Вообще-то весь квартал выглядел одинаково, понял Ноа. Как будто в конце шестидесятых годов решили создать участок с одинаковыми домами.
— Там раньше жил Дрейк, — сообщила Винтер, ее голос звучал ровно, хотя лицо оставалось бледным и напряженным.
Инстинктивно Ноа захотелось протянуть руку и заключить подругу в объятия. Она ранена, растеряна и надо думать напугана. Ему срочно захотелось сделать все необходимое, чтобы защитить ее от дальнейших страданий. Но он сопротивлялся этому желанию.

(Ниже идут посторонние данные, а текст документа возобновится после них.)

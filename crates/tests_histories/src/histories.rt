//! Histories and their horizons: joins and copies, and pages of all devices and buckets. The state
//! after an allocation failure is tested by the program `test_memory`.
use std::alloc::Global;
use std::process::Abort;
use test_kit::{SeenAt, are_equal, bucket, entry, history_of, once, page, page_on, seen, twice};
use warm_history::{Entries, Entry, History, PageHist};
use warm_stamps::{PageId, Reference};

// The history of references, with this horizon.
fn history_since(rt: &impl Abort, alloc: Global, horizon: u64, given: &[SeenAt]) -> History {
    let mut history = history_of(alloc, given).expect(rt, "memory for a history");
    history.raise(horizon);
    history
}

fn is_known(history: &History, page: PageId, hist: PageHist) -> bool {
    history.get(page) == Some(hist)
}

// References to the pages 0:0 to 0:49,999 at the times 0 to 49,999, and again at the 50,000 next.
fn every_page_twice(rt: &impl Abort, alloc: Global) -> Vec<Reference> {
    let mut batch = Vec::with_capacity(alloc, 100_000).expect(rt, "memory for references");
    for time in 0..100_000u64 {
        batch
            .push(seen(page(time % 50_000), time, 1))
            .expect(rt, "memory for a reference");
    }
    batch
}

// A history takes in an empty history and no entries; an empty history is copied and takes in the
// history.
fn joins_nothing(rt: &impl Abort, alloc: Global, here: &mut History) {
    let nothing = History::new(alloc);
    here.join(&nothing).expect(rt, "nothing to take in");
    here.join_entries(0, &[]).expect(rt, "nothing to take in");
    let mut copy = nothing.copy().expect(rt, "nothing to copy");
    assert!(rt; are_equal(&copy, &nothing));
    copy.join(here).expect(rt, "memory for a join");
    assert!(rt; are_equal(&copy, here));
}

#[test]
fn takes_in_100_000_references_at_once_and_none(rt: HostRuntime) {
    let batch = every_page_twice(&rt, rt.alloc());
    let mut here = History::new(rt.alloc());
    here.absorb(&batch).expect(&rt, "memory for a batch");
    assert!(rt; here.len() == 50_000);
    for no in [0, 24_999, 49_999u64] {
        assert!(rt; is_known(&here, page(no), twice((50_000 + no, 1), (no, 1))));
    }
    let before = here.copy().expect(&rt, "memory for a copy");
    here.absorb(&[]).expect(&rt, "nothing to take in");
    assert!(rt; are_equal(&here, &before));
    joins_nothing(&rt, rt.alloc(), &mut here);
    assert!(rt; are_equal(&here, &before));
}

const HERE: [SeenAt; 3] = [(0, 1, 10, 1), (0, 1, 20, 1), (0, 3, 1, 1)];

const THERE: [SeenAt; 3] = [(0, 1, 15, 2), (0, 1, 30, 2), (0, 2, 2, 2)];

// The two histories, each with a horizon, are joined both ways, which gives one history.
fn joined(rt: &impl Abort, alloc: Global, first: u64, second: u64) -> History {
    let mut here = history_since(rt, alloc, first, &HERE);
    let mut there = history_since(rt, alloc, second, &THERE);
    let before = here.copy().expect(rt, "memory for a copy");
    here.join(&there).expect(rt, "memory for a join");
    there.join(&before).expect(rt, "memory for a join");
    assert!(rt; are_equal(&here, &there));
    here
}

#[test]
fn the_later_horizon_wins_at_a_join(rt: HostRuntime) {
    assert!(rt; joined(&rt, rt.alloc(), 0, 0).len() == 3);
    let here = joined(&rt, rt.alloc(), 0, 16);
    assert!(rt; here.horizon() == 16 && here.len() == 1);
    assert!(rt; is_known(&here, page(1), twice((30, 2), (20, 1))));
    let here = joined(&rt, rt.alloc(), 21, 16);
    assert!(rt; here.horizon() == 21 && here.len() == 1);
    assert!(rt; is_known(&here, page(1), once(30, 2)));
}

#[test]
fn entries_come_with_a_horizon(rt: HostRuntime) {
    let mut here = history_since(&rt, rt.alloc(), 0, &[(0, 1, 8, 2), (0, 1, 9, 2)]);
    here.join_entries(9, &[entry(page(1), once(20, 1))])
        .expect(&rt, "memory for entries");
    assert!(rt; here.horizon() == 9);
    assert!(rt; is_known(&here, page(1), twice((20, 1), (9, 2))));
    // With a lesser horizon only the entries are taken in, without their stamps older than the
    // history's own horizon. They may be in falling page order.
    let more = [
        entry(page(2), once(8, 1)),
        entry(page(1), twice((19, 1), (8, 2))),
    ];
    here.join_entries(3, &more)
        .expect(&rt, "memory for entries");
    assert!(rt; here.horizon() == 9 && here.len() == 1);
    assert!(rt; is_known(&here, page(1), twice((20, 1), (19, 1))));
}

// Pages of several devices and buckets, in page order: each referenced at the time of its place in
// the list.
const SPREAD: [SeenAt; 12] = [
    (0, 0, 0, 1),
    (0, 1, 1, 1),
    (0, 63, 2, 1),
    (0, 64, 3, 1),
    (0, 4_294_967_295, 4, 1),
    (0, 4_294_967_296, 5, 1),
    (0, 18_446_744_073_709_551_615, 6, 1),
    (1, 0, 7, 1),
    (1, 63, 8, 1),
    (65_535, 1, 9, 1),
    (65_535, 4_294_967_295, 10, 1),
    (65_535, 18_446_744_073_709_551_615, 11, 1),
];

fn gives(entries: &mut Entries<'_>, want: Option<Entry>) -> bool {
    entries.next() == want
}

#[test]
fn goes_over_devices_and_buckets_in_page_order(rt: HostRuntime) {
    let here = history_of(rt.alloc(), &SPREAD).expect(&rt, "memory for a history");
    assert!(rt; here.len() == 12);
    let mut entries = here.iter();
    for place in 0..12usize {
        let (dev, no, time, number) = SPREAD[place];
        let known = entry(page_on(dev, no), once(time, number));
        assert!(rt; is_known(&here, known.page, known.hist));
        assert!(rt; here.at(place) == Some(known));
        assert!(rt; gives(&mut entries, Some(known)));
    }
    assert!(rt; here.at(12) == None && gives(&mut entries, None));
    assert!(rt; here.get(page_on(65_535, 0)) == None);
}

// A test case: the number of a bucket, a page, the number of entries requested after it, the number
// of the first, and how many are returned.
type Row = (u8, (u16, u64), usize, Option<u64>, usize);

const LATER: [Row; 7] = [
    (0, (0, 0), usize::MAX, Some(64), 4),
    (0, (0, 0), 9, Some(64), 4),
    (0, (0, 63), 2, Some(64), 2),
    (0, (0, 4_294_967_295), 9, Some(4_294_967_296), 3),
    (0, (0, 18_446_744_073_709_551_615), 9, Some(63), 2),
    (0, (0, 0), 0, None, 0),
    (62, (65_535, 18_446_744_073_709_551_615), 9, None, 0),
];

#[test]
fn gives_those_after_a_page_of_any_bucket(rt: HostRuntime) {
    let here = history_of(rt.alloc(), &SPREAD).expect(&rt, "memory for a history");
    let first = here.entries(bucket(1), None, 9);
    assert!(rt; first.expect(&rt, "memory for entries").len() == 2);
    for (number, (dev, no), limit, first, count) in LATER {
        let found = here
            .entries(bucket(number), Some(page_on(dev, no)), limit)
            .expect(&rt, "memory for entries");
        let begins = found.first().map(|known| known.page.no);
        assert!(rt;
            begins == first && found.len() == count,
            "bucket {number} after {no}"
        );
    }
}

// The entry of a page that was referenced once.
fn seen_once(dev: u16, no: u64) -> Entry {
    entry(page_on(dev, no), once(10, 1))
}

// Whether these are the first two entries of a bucket after a page.
fn are_next_two(
    rt: &impl Abort,
    history: &History,
    number: u8,
    after: Option<PageId>,
    want: &[Entry],
) -> bool {
    let found = history
        .entries(bucket(number), after, 2)
        .expect(rt, "memory for entries");
    found.as_slice() == want
}

// The pages 0:1, 0:65 and 1:0 are all of bucket 1.
#[test]
fn entries_of_one_bucket(rt: HostRuntime) {
    let mut here = History::new(rt.alloc());
    let first = [seen_once(0, 1), seen_once(0, 65)];
    let then = [seen_once(1, 0)];
    here.join_entries(0, &first)
        .expect(&rt, "memory for entries");
    here.join_entries(0, &then)
        .expect(&rt, "memory for entries");
    assert!(rt; are_next_two(&rt, &here, 1, None, &first));
    assert!(rt; are_next_two(&rt, &here, 1, Some(page(65)), &then));
    assert!(rt; are_next_two(&rt, &here, 1, Some(page_on(1, 0)), &[]));
    assert!(rt; are_next_two(&rt, &here, 2, None, &[]));
}

#[test]
fn entries_come_in_any_order(rt: HostRuntime) {
    let mut here = History::new(rt.alloc());
    here.join_entries(0, &[seen_once(0, 2), seen_once(0, 1)])
        .expect(&rt, "memory for entries");
    assert!(rt; here.len() == 2);
    assert!(rt; here.at(0) == Some(seen_once(0, 1)));
    assert!(rt; here.at(1) == Some(seen_once(0, 2)));
}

Для Винтер несомненно лучше поскорее покончить с этим разговором, но Ноа начал подозревать, что его желание притянуть ее к себе вызвано не только бескорыстным желанием оградить от боли.
Ему всегда нравилось общество Винтер. И любой живой мужчина счел бы ее красивой, желанной женщиной. Но последние несколько часов показали, что Ноа гораздо больше заинтересован в своей подруге Винтер Мур и ее счастье, чем когда-либо подозревал.
А может быть, он знал, но просто игнорировал опасность.
— На подъездной дорожке стоит грузовик, — сказал он, желая отвлечься от беспокойных мыслей. — Что-нибудь тебе напоминает?
Винтер наклонилась вперед, крепко сжимая руками руль.
— Грузовик другой, но табличка на боку такая же. — Она сморщила нос. — Я думаю.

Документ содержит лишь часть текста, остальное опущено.